This post originally appeared in Oil and Gas Investigator

When the cyclical oil and gas industry experiences a global downturn, there’s a lot of uncertainty. How do we manage production? Where can we cut costs? When will prices return? Analysts predict, but nobody knows. In all of the complexity, there’s one thing we can count on—consolidation is inevitable.

As companies struggle to compete and justify their very existence in tough conditions, executives look to mergers and acquisitions as a solution. But what’s the most important factor for success?

A 2016 KPMG study of decision-makers showed a well-executed integration plan is more important than a good deal price. And although integration can take many forms (i.e., human capital, technology, operations, etc.), brand is the one essential component that syncs everything together.

Brand is a function that not only communicates the value of the newly created or enhanced company, but also serves as a filter to simplify and guide decision-making, product/service development and cultural transformation.

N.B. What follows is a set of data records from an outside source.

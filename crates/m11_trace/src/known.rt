//! What is known of addresses.

use m11_base_disassembly::{PlacedListing, Symbols};

/// What is known of addresses, and shown in the lines of steps.
#[derive(Clone, Copy)]
pub struct Known<'a> {
    /// Their names.
    pub symbols: &'a Symbols,
    /// The listings whose lines show the words there.
    pub listings: &'a [PlacedListing],
}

Here are three ways brand can help any oil and gas company execute a smart, efficient integration plan during a merger or acquisition:

Clarify your story: Both internally and externally, people can take action when they know what they’re working toward. Building a strong brand, rooted in purpose, can clarify exactly what your company stands for and why it matters in times when the reasons for making an acquisition may not be so clear. Refreshing or completely overhauling a brand in light of an evolving offering helps external audiences understand what you’re trying to achieve, beyond dollars and cents, and it shows employees how they fit into the equation.

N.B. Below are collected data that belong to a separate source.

//! The last steps of a run.

ghost use Rattle.std.specs.Prelude.{◌≡◌, ◌∷◌, ◌<◌, ◌-◌, [], nat_lt, if◌then◌else◌, Some, length, slice_get, take};
ghost use Rattle.m11_cpu.specs.Messages.{PutsMessages};
ghost use Rattle.m11_trace.specs.Known.{known_of};
ghost use Rattle.m11_trace.specs.Lines.{short_line};
ghost use Rattle.m11_trace.specs.Taken.{shots_text};

use crate::ends::put_end;
use crate::known::Known;
use crate::line::put_text;
use crate::lines::line_front;
use crate::shots::Shot;
use circular_buffer::HeapCircularBuffer;
use m11_base::Sink;
use m11_cpu::SimFault;

/// The last steps, as many as its capacity at most, the latest first.
pub(crate) type Recent = HeapCircularBuffer<Shot>;

/// Adds the latest step, in place of the oldest one if there is no room for one more.
pub(crate) fn keep(recent: &mut Recent, shot: Shot)
    ensures items { recent.new.items ≡ take recent.old.capacity (shot ∷ recent.old.items) }
    ensures capacity { recent.new.capacity ≡ recent.old.capacity }
{
    recent.push_front(shot);
}

// The step with this index; the latest has index 0.
fn shot_at(recent: &Recent, index: usize) -> Shot
    requires { index < length recent.now.items }
    ensures { slice_get recent.now.items index ≡ Some result }
{
    *recent.get(index).unwrap()
}

// Writes the trace line of the step with this number, without memory words.
fn put_short<M: Sink>(
    messages: &mut M,
    known: Known<'_>,
    number: u32,
    shot: &Shot,
) -> Result<(), SimFault>
    ensures { PutsMessages (M.text messages.old) (M.text messages.new) (M.faults messages.old) (M.faults messages.new)
        (short_line (known_of known.entry) number shot.now) result }
{
    put_text(messages, line_front(known.symbols, number, shot).as_slice())?;
    put_end(messages, known, shot)
}

// Writes the trace line, without memory words, of the step that came `earlier` steps before the one with this number.
fn put_shot<M: Sink>(
    messages: &mut M,
    known: Known<'_>,
    number: u32,
    earlier: usize,
    shot: &Shot,
) -> Result<(), SimFault>
    ensures { PutsMessages (M.text messages.old) (M.text messages.new) (M.faults messages.old) (M.faults messages.new)
        (short_line (known_of known.entry) (number - earlier) shot.now) result }
{
    let number = (number as usize).saturating_sub(earlier) as u32;
    put_short(messages, known, number, shot)
}

// Writes the trace lines of steps, without memory words, in the order in which they were made. The latest has this number.
fn put_shots<M: Sink>(
    messages: &mut M,
    known: Known<'_>,
    number: u32,
    recent: &Recent,
) -> Result<(), SimFault>
    ensures { PutsMessages (M.text messages.old) (M.text messages.new) (M.faults messages.old) (M.faults messages.new)
        (shots_text (known_of known.entry) number recent.now.items) result }
{
    let mut left = recent.len();
    'shots: while left > 0 {
        left -= 1;
        put_shot(messages, known, number, left, &shot_at(recent, left))?;
    }
    Ok(())
}

/// Writes the trace lines of the last steps, without memory words, if the run has fewer than `first` steps, and so has written no trace
/// line. Error: `Write`, if the sink failed after part of them.
pub(crate) fn put_recent<M: Sink>(
    messages: &mut M,
    known: Known<'_>,
    first: u32,
    count: u32,
    recent: &Recent,
) -> Result<(), SimFault>
    ensures { PutsMessages (M.text messages.old) (M.text messages.new) (M.faults messages.old) (M.faults messages.new)
        (if nat_lt count first then shots_text (known_of known.entry) count recent.now.items else []) result }
{
    if count < first {
        put_shots(messages, known, count, recent)
    } else {
        Ok(())
    }
}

Rationalize your portfolio: In many oil and gas mergers, overlapping products and services is almost guaranteed. And often times they come with well-established brand names and decades of brand equity. A well-thought out brand architecture strategy can help guide decision-making around consolidating offerings, strengthening broader solutions and even bringing new offerings to market.

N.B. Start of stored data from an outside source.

impl Rules {
    /// The rules before the first record. `seed` is the seed of the hash tables.
    #[tactic(auto, unfolding(crate::specs::Positions::known_of, crate::specs::Positions::stage_after, crate::specs::Positions::modules_in, crate::specs::Positions::section_names, crate::specs::Positions::global_names, crate::specs::Positions::distinct, crate::specs::Positions::sections_in, crate::specs::Positions::this_module, crate::specs::Positions::current_section, crate::specs::Positions::text_length))]
    pub fn new(alloc: Global, seed: Seed) -> Rules
        ensures { result ≡ known_of [] }
    {
        Rules {
            stage: Stage::Between,
            modules: 0,
            sections: SeededSet::with_hasher(alloc, seed),
            globals: SeededSet::with_hasher(alloc, seed),
            entered: EnteredSections::new(alloc, seed),
            section: absolute_section(),
            text: None,
        }
    }

    /// Forgets all records: the rules are again those before the first one, even if there was a fault.
    #[tactic(auto, unfolding(crate::specs::Positions::known_of, crate::specs::Positions::stage_after, crate::specs::Positions::modules_in, crate::specs::Positions::section_names, crate::specs::Positions::global_names, crate::specs::Positions::distinct, crate::specs::Positions::sections_in, crate::specs::Positions::this_module, crate::specs::Positions::current_section, crate::specs::Positions::text_length))]
    pub fn forget(&mut self)
        ensures { self.new ≡ known_of [] }
    {
        self.leave_module();
        self.modules = 0;
        self.sections.clear();
        self.globals.clear();
    }

    /// The number of modules that have ended, which is the index of the current or next module.
    pub fn modules(&self) -> usize
        ensures { result ≡ self.now.modules }
    {
        self.modules
    }

    /// The section that texts go to: the one selected last in this module, or `. ABS.` if none was.
    pub fn section(&self) -> Name
        ensures { result ≡ self.now.section }
    {
        self.section
    }

    /// Accepts one record.
    ///
    /// Faults: the first in the order of the record's parts; within a part, in this order: `BadOrder`, `NoText`, `BadDisplacement`,
    /// `UnknownSection`, `TextOutside`, then a limit. `NoMemory` if memory is refused for a name, and neither the name's part nor a
    /// part before it has a fault. After a fault nothing is known of the rules until `forget` is called.
    #[tactic(auto, using(crate::proofs::KnownAfter::accepted_after))]
    pub fn record(&mut self, record: &Record<'_>) -> Result<(), ModuleFault>
        ensures { (before : List Part) → self.old ≡ known_of before
            → AcceptsAfter before self.new (record_parts «record».now) result }
    {
        self.accept_record(record)
    }

    /// Accepts the end of a file. `BadOrder` inside a module is its only fault.
    #[tactic(auto, using(crate::proofs::KnownAfter::accepted_after, crate::proofs::Taking::accepted_one))]
    pub fn end_of_file(&mut self) -> Result<(), ModuleFault>
        ensures takes { (before : List Part) → self.old ≡ known_of before
            → AcceptsAfter before self.new (EndOfFile ∷ []) result }
        ensures inside { IfErr result (λ fault. fault ≡ ModuleFault.BadOrder) }
    {
        self.accept_end_of_file()
    }

    // Accepts one record, or returns the first fault of its parts, or `NoMemory`.
    #[tactic(auto, using(crate::proofs::Taking::accepted_one, crate::proofs::Taking::none_taken))]
    fn accept_record(&mut self, record: &Record<'_>) -> Result<(), ModuleFault>
        ensures { RulesAccept self.old self.new (record_parts «record».now) result }
    {
        match record.kind() {
            RecordKind::Gsd => self.directory_record(record),
            RecordKind::EndOfGsd => self.end_of_directory(),
            RecordKind::Text => self.text(record.text_address(), record.text_bytes()),
            RecordKind::Relocations => self.relocations(record),
            RecordKind::InternalSymbols => Ok(()),
            RecordKind::EndOfModule => self.end_of_module(),
        }
    }

    // Accepts the end of a file between modules. `BadOrder` inside a module.
    #[tactic(auto, unfolding(crate::specs::Steps::AcceptsOne, crate::specs::Steps::known_after, crate::specs::Rules::fault_known))]
    fn accept_end_of_file(&mut self) -> Result<(), ModuleFault>
        ensures takes { AcceptsOne self.old self.new EndOfFile result }
        ensures inside { IfErr result (λ fault. fault ≡ ModuleFault.BadOrder) }
    {
        match self.stage {
            Stage::Between => Ok(()),
            _ => Err(ModuleFault::BadOrder),
        }
    }

    // Accepts the beginning of a directory record. Between modules it begins a module. Faults: `BadOrder` in the body of a module,
    // then `TooManyModules`.
    #[tactic(auto, unfolding(crate::specs::Steps::AcceptsOne, crate::specs::Steps::known_after, crate::specs::Rules::fault_known))]
    fn begin_directory(&mut self) -> Result<(), ModuleFault>
        ensures { AcceptsOne self.old self.new Directory result }
    {
        check_begin(self.stage, self.modules)?;
        self.stage = Stage::InDirectory;
        Ok(())
    }

    /// Accepts the end of a directory. This call does what `record` does for such a record.
    ///
    /// Faults: `BadOrder` in the body of a module, then `TooManyModules` if it would begin the 33rd module.
    #[tactic(auto, unfolding(crate::specs::Steps::AcceptsOne, crate::specs::Steps::known_after, crate::specs::Rules::fault_known))]
    pub fn end_of_directory(&mut self) -> Result<(), ModuleFault>
        ensures { AcceptsOne self.old self.new EndOfDirectory result }
    {
        check_begin(self.stage, self.modules)?;
        self.stage = Stage::InBody;
        Ok(())
    }

    /// Accepts a text, whose address is an offset in bytes in the section that texts go to. This call does what `record` does for a
    /// text record. It is for a caller that has already read the record.
    ///
    /// Faults: `BadOrder` outside the body of a module, then `TextOutside`.
    #[tactic(auto, unfolding(crate::specs::Steps::AcceptsOne, crate::specs::Steps::known_after, crate::specs::Rules::fault_known))]
    pub fn text(&mut self, address: u16, bytes: &[u8]) -> Result<(), ModuleFault>
        ensures { AcceptsOne self.old self.new (Text address bytes.now) result }
    {
        if self.stage != Stage::InBody {
            return Err(ModuleFault::BadOrder);
        }
        let size = self.entered.size_of(self.section).unwrap_or(0);
        let text_length = check_text(size, address, bytes)?;
        self.text = Some(text_length);
        Ok(())
    }

    /// Accepts the end of a module. This call does what `record` does for such a record. `BadOrder` outside the body of a module.
    #[tactic(auto, unfolding(crate::specs::Steps::AcceptsOne, crate::specs::Steps::known_after, crate::specs::Rules::fault_known))]
    pub fn end_of_module(&mut self) -> Result<(), ModuleFault>
        ensures { AcceptsOne self.old self.new EndOfModule result }
    {
        if self.stage != Stage::InBody {
            return Err(ModuleFault::BadOrder);
        }
        self.leave_module();
        self.modules += 1;
        Ok(())
    }

    // Leaves the current module, if there is one, without counting it. Afterwards no module is open, and nothing is known of one.
    fn leave_module(&mut self)
        ensures { self.new ≡ record self.old { stage = Stage.Between; entered = []; section = absolute_name; text = None } }
    {
        self.stage = Stage::Between;
        self.entered.clear();
        self.section = absolute_section();
        self.text = None;
    }

    /// Accepts a directory record. This call does what `record` does for a record of these entries. It is for a caller that has
    /// already read them.
    ///
    /// Faults: `BadOrder` in the body of a module, then `TooManyModules` if it would begin the 33rd module; then the first fault of
    /// the entries, in their order; within an entry `BadOrder`, `UnknownSection`, then a limit. `NoMemory` as in `record`.
    #[tactic(auto, using(crate::proofs::Taking::accepted_then, crate::proofs::Taking::refused_first))]
    pub fn directory(&mut self, entries: &[GsdEntry]) -> Result<(), ModuleFault>
        ensures { RulesAccept self.old self.new (Directory ∷ map (λ entry. Entry entry) entries.now) result }
    {
        self.begin_directory()?;
        self.entries(entries)
    }

    // Accepts the entries of a directory record, which were already read.
    fn entries(&mut self, entries: &[GsdEntry]) -> Result<(), ModuleFault>
        ensures { RulesAccept self.old self.new (map (λ entry. Entry entry) entries.now) result }
    {
        'entries: for entry in entries {
            self.entry(entry)?;
        }
        Ok(())
    }

    // Accepts a directory record and its entries.
    #[tactic(auto, using(crate::proofs::Taking::accepted_then, crate::proofs::Taking::refused_first))]
    fn directory_record(&mut self, record: &Record<'_>) -> Result<(), ModuleFault>
        ensures { RulesAccept self.old self.new
            (Directory ∷ map (λ entry. Entry entry) (record_entries «record».now)) result }
    {
        self.begin_directory()?;
        self.each_entry(record)
    }

    // Reads the entries of a directory record one by one, and accepts each.
    fn each_entry(&mut self, record: &Record<'_>) -> Result<(), ModuleFault>
        ensures { RulesAccept self.old self.new (map (λ entry. Entry entry) (record_entries «record».now)) result }
    {
        'entries: for index in 0..record.entry_count() {
            self.entry(&record.entry(index))?;
        }
        Ok(())
    }

    // Checks an entry, then stores the name of its section or global.
    #[tactic(auto, unfolding(crate::specs::Steps::AcceptsOne, crate::specs::Steps::known_after, crate::specs::Rules::fault_known))]
    fn entry(&mut self, entry: &GsdEntry) -> Result<(), ModuleFault>
        ensures { AcceptsOne self.old self.new (Entry entry.now) result }
    {
        check_entry(entry, &mut self.entered, &self.sections, &self.globals)?;
        self.add_entry(entry)
    }

    // Stores the section or the global of an entry, and nothing for an entry of another kind. `NoMemory` if memory is refused.
    fn add_entry(&mut self, entry: &GsdEntry) -> Result<(), ModuleFault>
        ensures noted { Notes self.new (with_entry entry.now.kind entry.now self.old) result }
        ensures adds { IfErr result (λ _. adds_name (Entry entry.now) ≡ true) }
    {
        match entry.kind {
            GsdKind::ControlSection => self.add_section(entry),
            GsdKind::ProgramSection => self.add_section(entry),
            GsdKind::GlobalSymbol => self.add_global(entry.name),
            _ => Ok(()),
        }
    }

    // Stores a section's name, and its size in this module. `NoMemory` if memory is refused.
    fn add_section(&mut self, entry: &GsdEntry) -> Result<(), ModuleFault>
        ensures { Notes self.new (with_section entry.now self.old) result }
    {
        self.sections.insert(entry.name)?;
        self.entered.insert(entry.name, entry.value)?;
        Ok(())
    }

    // Stores the name of a global, unless it is known already. `NoMemory` if memory is refused.
    fn add_global(&mut self, name: Name) -> Result<(), ModuleFault>
        ensures { Notes self.new (with_global name self.old) result }
    {
        self.globals.insert(name)?;
        Ok(())
    }

    /// Accepts one relocation of a record whose beginning was accepted. `begin_relocations`, and then this call for each
    /// relocation, do what one call of `record` does. They are for a caller that uses a relocation as soon as it is judged: a
    /// relocation that stores bytes is returned with the length of the text before it; for any other the result is None.
    ///
    /// Faults: `NoText`, `BadDisplacement`, `UnknownSection`, `TooManyGlobals`, and `NoMemory` if memory is refused for the name of
    /// a global, and there is no other fault.
    // speed: inline, and `check_relocation` too: a call would pass each judged relocation on in memory.
    #[inline(always)]
    #[tactic(auto, unfolding(crate::specs::Steps::AcceptsOne, crate::specs::Steps::known_after, crate::specs::Rules::fault_known))]
    pub fn relocation(
        &mut self,
        relocation: Relocation,
    ) -> Result<Option<TextRelocation>, ModuleFault>
        ensures takes { AcceptsOne self.old self.new (Relocated relocation) (outcome_of result) }
        ensures stored { IfOk result (λ stored. stored ≡ stored_in relocation self.old.text) }
    {
        let stored = check_relocation(&relocation, &mut self.entered, self.text, &self.globals)?;
        self.add_target(relocation.target)?;
        Ok(stored)
    }

    // Stores the section that a location counter definition selects, or the name of a global in a target, and nothing for any other
    // target. `NoMemory` if memory is refused.
    fn add_target(&mut self, target: Target) -> Result<(), ModuleFault>
        ensures noted { Notes self.new (with_target target self.old) result }
        ensures adds { IfErr result (λ _. is_some (global_of target) ≡ true) }
    {
        match target {
            Target::LocationCounterDefinition(name, _) => {
                self.section = name;
                Ok(())
            }
            Target::Global(name) => self.add_global(name),
            Target::GlobalDisplaced(name) => self.add_global(name),
            Target::GlobalAdditive(name, _) => self.add_global(name),
            Target::GlobalAdditiveDisplaced(name, _) => self.add_global(name),
            _ => Ok(()),
        }
    }

    // Accepts a relocation record and its relocations.
    #[tactic(auto, using(crate::proofs::Taking::accepted_then, crate::proofs::Taking::refused_first))]
    fn relocations(&mut self, record: &Record<'_>) -> Result<(), ModuleFault>
        ensures { RulesAccept self.old self.new
            (Relocations ∷ map (λ relocation. Relocated relocation) (record_relocations «record».now)) result }
    {
        self.begin_relocations()?;
        self.each_relocation(record)
    }

    /// Accepts the beginning of a relocation record. `BadOrder` outside the body of a module.
    #[tactic(auto, unfolding(crate::specs::Steps::AcceptsOne, crate::specs::Steps::known_after, crate::specs::Rules::fault_known))]
    pub fn begin_relocations(&mut self) -> Result<(), ModuleFault>
        ensures { AcceptsOne self.old self.new Relocations result }
    {
        match self.stage {
            Stage::InBody => Ok(()),
            _ => Err(ModuleFault::BadOrder),
        }
    }

    // Reads the relocations of a record one by one, and accepts each.
    fn each_relocation(&mut self, record: &Record<'_>) -> Result<(), ModuleFault>
        ensures { RulesAccept self.old self.new (map (λ relocation. Relocated relocation) (record_relocations «record».now)) result }
    {
        'relocations: for relocation in record.each_relocation() {
            self.relocation(relocation)?;
        }
        Ok(())
    }
}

Engage employees: Brand-led employee engagement not only helps people build a relationship with the company, but also helps build a unifying culture around a common goal. Oil and gas is a global business, and company culture is far from homogenous. But a strong engagement plan, infused throughout the integration process, brings people together and helps the organization realize the true value of the merger, faster.

A great example from 2016 can be found with the integration of Cameron under the Schlumberger brand. A seasoned veteran of acquisitions, it’s clear the Schlumberger team has a sound brand strategy. Leading with a powerful story centered around complete solutions built on advanced technology, it was clear how Cameron fits into the mix.

As Schlumberger Chairman and CEO Paal Kibsgaard said, “As a combined company, we will drive total system performance through a much closer integration between the surface and subsurface components of both drilling and production systems.”

A consistently applied endorsement line on the Cameron logo clearly demonstrates how it is part of a larger company. A strategy employed successfully by Schlumberger in the past to ease customers under its umbrella (see MI Swaco, Smith Bits).

Finally, a clear call to employees came from former Cameron CEO and future president of the Schlumberger Cameron Group, Scott Rowe: “This is an exciting time for all Cameron employees as we integrate our portfolio with Schlumberger technologies to deliver improved operational performance, higher levels of cost efficiency, and close commercial alignment through new risk-based business models, while continuing to focus on the needs of our customers.”

As the industry continues to navigate the deep waters of uncertainty, it’s crucial to utilize tools and resources that bring clarity. For mergers and acquisitions, it’s essential to get the unified message out clearly, succinctly and in a way that’s compelling to both internal and external stakeholders. In time, the market will return and the forward-thinking winners of tomorrow are those that are putting the pieces for success in place today.

Nick Miller is a strategy director at Siegel+Gale.